MODERN HISTORIES OF CRIME AND PUNISHMENT

BOOK REVIEW

These brief sketches do not do justice to the intricacy and depth of scholarship that characterize the chapters. MODERN HISTORIES has been a bracing intellectual excursion, and although I found each of the articles to range from interesting to fascinating, the audience for non-specialists is likely to be limited. The book, or some of its chapters, will appeal to specialists in the history of criminal law doctrine or historians of colonialism. This is not a book for any except the most advanced students in PhD seminars. I am not a specialist in these fields, but my checkered history as a criminal law teacher who has read a fair dose of criminal law theory and history, taught a seminar on political trials, and began teaching criminal law in a post-colonial English-style law faculty in Anglophonic Africa in the afterglow of Empire, has weirdly provided me with the right grounding to at least appreciate this volume. I believe that non-specialists who are likely to find this book valuable are teachers of criminal law at law schools and universities. The book would go a long way toward expanding the intellectual horizons of that cohort. The book should also appeal to eighteenth century and nineteenth century social historians.

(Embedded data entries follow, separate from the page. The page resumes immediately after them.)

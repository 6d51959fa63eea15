ghost use Rattle.std.specs.Prelude.{◌≡◌, ◌<◌, ◌≤◌, ◌+◌, ◌*◌, ◌^◌, ℕ, ◌≢◌, ◌-◌, [], ◌∷◌, ◌++◌, length, map, take, drop};
ghost use Rattle.std.specs.Prelude.{slice_get, slice_set, Some, IfOk, OnErr, OnOk, IsTrue, ◌↔◌};
ghost use Rattle.std.specs.List.{insert, remove, flat_map, AllByRecursion};
ghost use Rattle.std.specs.List.Sorted.{IsPartitionedBy};
ghost use Rattle.ficus_formats.specs.Format.{Keeps};
ghost use Rattle.ficus_persistent.specs.Cut.{IsCutAt};
ghost use Rattle.ficus_persistent.specs.Shape.{nothing, joined, IsBelow, AreBelow, IsAtMostOneAbove, IsLow};
ghost use Rattle.ficus_persistent.specs.Node.{trees};

use crate::below::{count_of, counted, cut_through, locate, locate_gap, with_grown};
use crate::leaf::Leaf;
use crate::row::{copies, cut_in, cut_off, gather_all, put_all, with, with_other, without};
use crate::{Cut, Item, Spelled};
use ficus_formats::{Window, WindowSpelling};
use ficus_ids::Memory;
use std::alloc::Global;
use std::marker::Model;
use std::rc::Rc;

// How many items a leaf has at the most, and how many trees stand below a fork.
const WIDTH: usize = 32;

/// A search tree by place, with its items in leaves that all stand at one height (Bayer and McCreight 1972). Contracts
/// see its items in order and its height.
#[cycle(tree)]
#[derive(Drop)]
pub(crate) struct Tree<T: Spelled> {
    node: Node<T>,
    count: u32,
    height: u8,
}

#[cycle(tree)]
#[derive(Drop)]
enum Node<T: Spelled> {
    Empty,
    Leaf(Rc<Leaf<T>>),
    Fork(Rc<Vec<Tree<T>>>),
}

/// What a tree became that had an item put into it: one tree, or two of its height side by side.
#[derive(Drop)]
pub(crate) enum Grown<X> {
    One(X),
    Two(X, X),
}

impl<T: Spelled> Model for Tree<T> {
    ghost use Rattle.std.specs.Prelude.{◌≡◌, length};
    ghost use Rattle.ficus_persistent.specs.Shape.{Shape};

    ghost Value = { Shape T };

    ghost use Rattle.ficus_persistent.specs.Node.{items_of, IsSound};

    ghost view = { λ tree. record { items = items_of tree.node; height = tree.height } };

    ghost invariant = { λ tree. (tree.count ≡ length (items_of tree.node)) × IsSound tree.height tree.node };

    ghost size = { λ shape. shape.height };

    ghost use Rattle.std.proofs.Common.{arith};
    ghost use Rattle.ficus_persistent.specs.Falls.{depth_le_height};

    ghost size_decreases = { λ t h. Prim.omega (arith, depth_le_height T.Spelled t.height t.node h.1) };
}

impl<T: Spelled> Item for Tree<T> {
    fn copied(&self) -> Result<Tree<T>, Memory>
        ensures { IfOk result (λ tree. tree ≡ self.now) }
    {
        self.copy()
    }
}
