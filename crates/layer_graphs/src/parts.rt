// Where the nodes are cut into parts.
use crate::graph::LayerGraph;
use crate::tables::{highest, raise};
use plan_tools::{Table, Work, number};

/// How many nodes are used across each node: those before it that are used at it or behind it.
#[derive(Drop)]
pub struct Widths {
    widths: Table<u32>,
    /// The symbol of the first node, and that behind the last one.
    first: u32,
    behind: u32,
}

// A node, by how many are used across it and how far it is from where a cut should be.
#[derive(Clone, Copy, PartialEq, Eq, PartialOrd, Ord)]
struct Cut {
    width: u32,
    distance: u32,
    symbol: u32,
}

impl Widths {
    /// The widths of a graph, in time linear in its sums.
    pub fn of(work: &mut Work, graph: &LayerGraph) -> Widths {
        let (first, behind) = (graph.inputs, graph.first_output());
        let last_uses = last_uses(work, graph);
        let mut ending = Table::new(work, behind as usize, 0_u32);
        let mut widths = Table::new(work, behind as usize, 0);
        let mut width: u32 = 0;
        for symbol in first..behind {
            widths.set(symbol, width);
            width = width.saturating_sub(ending.get(symbol));
            let last = last_uses.get(symbol);
            if last > symbol {
                width = width.saturating_add(1);
                ending.set(last, ending.get(last).saturating_add(1));
            }
        }
        Widths {
            widths,
            first,
            behind,
        }
    }

    /// Of each symbol its part, where the nodes in their order are cut into so many parts of about
    /// the same length: each cut is where, within a third of a part, the fewest nodes are used
    /// across it. An output is of the last part that it uses.
    pub fn parts(&self, work: &mut Work, graph: &LayerGraph, count: u32) -> Table<u32> {
        let mut parts = Table::new(work, graph.symbols() as usize, 0);
        let (mut part, mut next): (u32, u32) = (0, 1);
        let mut behind = self.start(next, count);
        for symbol in self.first..self.behind {
            if symbol >= behind && next < count {
                part = next;
                next = next.saturating_add(1);
                behind = self.start(next, count);
            }
            parts.set(symbol, part);
        }
        for output in self.behind..graph.symbols() {
            let [bits, _, _] = graph.operands(output);
            parts.set(output, highest(&parts, bits));
        }
        parts
    }

    // The best node at which a part begins, of so many.
    fn start(&self, part: u32, count: u32) -> u32 {
        let nodes = u64::from(self.behind.saturating_sub(self.first));
        let count = u64::from(count).max(1);
        let before = number((u64::from(part).saturating_mul(nodes) / count) as usize);
        let middle = self.first.saturating_add(before);
        let reach = number((nodes / count / 3) as usize);
        let mut best = Cut {
            width: u32::MAX,
            distance: 0,
            symbol: middle,
        };
        let behind = middle.saturating_add(reach).saturating_add(1);
        for symbol in middle.saturating_sub(reach)..behind.min(self.behind) {
            let cut = Cut {
                width: self.widths.get(symbol),
                distance: symbol.abs_diff(middle),
                symbol,
            };
            if cut < best {
                best = cut;
            }
        }
        best.symbol
    }
}

// Of each symbol the last node that uses it; itself where none does.
fn last_uses(work: &mut Work, graph: &LayerGraph) -> Table<u32> {
    let mut last_uses = Table::new(work, graph.symbols() as usize, 0);
    for symbol in graph.inputs..graph.first_output() {
        for operands in graph.operands(symbol) {
            raise(&mut last_uses, operands, symbol);
        }
    }
    last_uses
}
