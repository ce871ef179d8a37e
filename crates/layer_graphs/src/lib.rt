//! Graphs that are laid in layers: nodes with at most one product, their levels, where they are cut
//! into parts, and which of them go straight onto the lines of outputs.
#![tactic(auto)]

mod graph;
mod level;
mod parts;
mod straight;
pub mod tables;

pub use graph::{Factors, LayerGraph, Node, Onto};
pub use level::levels;
pub use parts::Widths;
pub use straight::straighten;
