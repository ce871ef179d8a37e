// The levels of symbols.
use crate::graph::LayerGraph;
use crate::tables::highest;
use plan_tools::{Table, Work};

/// Of each symbol the most of the levels of its bits, where an input has level 0, and of those of
/// its factors and one more.
pub fn levels(work: &mut Work, graph: &LayerGraph) -> Table<u32> {
    let mut levels = Table::new(work, graph.symbols() as usize, 0);
    for symbol in graph.inputs..graph.symbols() {
        let [bits, first, second] = graph.operands(symbol);
        let below = highest(&levels, first).max(highest(&levels, second));
        let behind = u32::from(!graph.is_linear(symbol));
        let level = highest(&levels, bits).max(below.saturating_add(behind));
        levels.set(symbol, level);
    }
    levels
}
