// Expressions.

ghost use Rattle.std.specs.Prelude.{◌≡◌, ◌+◌, ◌<◌, ◌≤◌, true, false, length};
ghost use Rattle.std.specs.Prelude.{map, IfOk, IfErr, IfSome, IfNone};
ghost use Rattle.std.specs.Prelude.{MatchResult};
ghost use Rattle.revs_terms.specs.declared.limits.TheConstants.{MOST_LEVELS};
ghost use Rattle.revs_grammar.specs.Forms as g;
ghost use Rattle.revs_grammar.specs.Sentences.{few_levels};
ghost use Rattle.revs_lexer.specs.Rest.{left};
ghost use Rattle.revs_parser.specs.inside.Reading.{Skips, Reads, Halts, Gives};
ghost use Rattle.revs_parser.specs.inside.Reading.{base_first, item_first, HaltsAnywhere};
ghost use Rattle.revs_parser.specs.inside.Forms.{ReadsNames, ReadsPart, ReadsAtoms, ReadsFunction};
ghost use Rattle.revs_parser.specs.inside.Forms.{ReadsRegister, ReadsBlock, ReadsPiece};
ghost use Rattle.revs_parser.specs.inside.Forms.{ReadsBinding, in_part, in_function, in_block};
ghost use Rattle.revs_parser.specs.inside.Forms.{in_application, in_register, in_binding};
ghost use Rattle.revs_parser.specs.inside.Forms.{ReadsFunctionNames, in_function_names, names_rest};
ghost use Rattle.revs_parser.specs.inside.Forms.{in_bound_names, ReadsAppend, in_append, closed_by};
ghost use Rattle.revs_parser.specs.inside.Forms.{EndsPiece, HeadsFor, NoFor, ReadsFor, in_for};
ghost use Rattle.revs_parser.specs.inside.Forms.{in_range, ReadsLoop, in_loop, GivesAt, in_parts};
ghost use Rattle.revs_parser.specs.inside.Forms.{infix_sign, infix_term, in_chain};
ghost use Rattle.revs_parser.specs.inside.Forms.{ReadsOperand, in_operand, ReadsOpened, in_opened};
ghost use Rattle.revs_parser.specs.inside.Forms.{NoPartBehind, ReadsAssigned, ReadsOperated};
ghost use Rattle.revs_parser.specs.inside.Forms.{in_atom, ReadsMore, HaltsMore};
ghost use Rattle.revs_parser.specs.declared.stop.Stop.{Stop};
ghost use Rattle.revs_parser.specs.declared.expression.Infix.TheVariants as infixes;
ghost use Rattle.revs_terms.specs.Trees.{tree_of, item_tree_of};
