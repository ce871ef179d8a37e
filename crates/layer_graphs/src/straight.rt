// Which products go straight onto the lines of outputs.
use crate::graph::{LayerGraph, Onto};
use crate::level::levels;
use crate::tables::count;
use plan_tools::{Table, Work};

// A product that may go straight onto the line of an output.
#[derive(Clone, Copy, PartialEq, Eq, PartialOrd, Ord)]
struct Candidate {
    level: u32,
    symbol: u32,
}

// What is known of the symbols of a graph.
#[derive(Drop)]
struct Known {
    levels: Table<u32>,
    /// Of each symbol in how many sums of nodes and outputs it is.
    uses: Table<u32>,
}

/// Has products that are in one output alone go straight onto its line, one a layer, from the
/// highest level on, where there is a layer for it; their bits are bits of the output then.
pub fn straighten(work: &mut Work, graph: &mut LayerGraph) {
    let known = Known {
        levels: levels(work, graph),
        uses: uses(work, graph),
    };
    for output in graph.first_output()..graph.symbols() {
        let left = known.straighten(work, graph, output);
        if let Some(node) = graph.node_mut(output) {
            node.bits = left;
        }
    }
}

impl Known {
    // Has products of an output go onto its line, those of the highest levels first; what is left
    // of its bits.
    fn straighten(&self, work: &mut Work, graph: &mut LayerGraph, output: u32) -> Vec<u32> {
        let [bits, _, _] = graph.operands(output);
        let mut left = work.copy(bits);
        let candidates = self.candidates(work, graph, &left);
        let output = output.saturating_sub(graph.first_output());
        let mut layer = self.levels.items().iter().copied().max().unwrap_or(0);
        for Candidate { level, symbol } in candidates.iter().rev() {
            if layer >= *level
                && let Some(node) = graph.node_mut(*symbol)
            {
                node.onto = Some(Onto { output, layer });
                left = work.sum_of(&left, &[*symbol]);
                left = work.sum_of(&left, &node.bits);
                node.bits.clear();
                layer = layer.saturating_sub(1);
            }
        }
        left
    }

    // The products among some bits that nothing else has in it, by their levels.
    fn candidates(&self, work: &mut Work, graph: &LayerGraph, bits: &[u32]) -> Vec<Candidate> {
        let mut candidates = Vec::new(work.alloc);
        for symbol in bits {
            let is_node = *symbol >= graph.inputs && !graph.is_linear(*symbol);
            if is_node && self.uses.get(*symbol) == 1 {
                let level = self.levels.get(*symbol);
                let symbol = *symbol;
                work.push(&mut candidates, Candidate { level, symbol });
            }
        }
        candidates.sort_unstable();
        candidates
    }
}

// Of each symbol in how many sums of nodes and outputs it is.
fn uses(work: &mut Work, graph: &LayerGraph) -> Table<u32> {
    let mut uses = Table::new(work, graph.symbols() as usize, 0);
    for symbol in graph.inputs..graph.symbols() {
        for operands in graph.operands(symbol) {
            count(&mut uses, operands);
        }
    }
    uses
}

Unfortunately, I do not see this book appealing to most political scientists or even to most courts and law scholars who do not have a grounding in the doctrinal study of criminal law. The same goes for scholars in my discipline of criminal justice. This is not to say that criminal law has nothing to say about important issues of state power and civil rights. Quite the contrary. But the level of specialized learning needed to make these essays intelligible is so high as to reduce its usefulness to scholars concerned with state power. I should also add that many of the essays in the [*38] first two sections are indeed sufficiently focused on relatively technical (but important) issues of criminal law doctrine and administration to be of limited value for scholars more directly interested in confrontations between the individual and the state.


MODERN HISTORIES OF CRIME AND PUNISHMENT, by Markus D. Dubber and Lindsay Farmer (eds). Stanford, CA: Stanford University Press, 2007. 352pp. Cloth. $70.00. ISBN: 9780804754118. Paper. $27.95. ISBN: 9780804754125.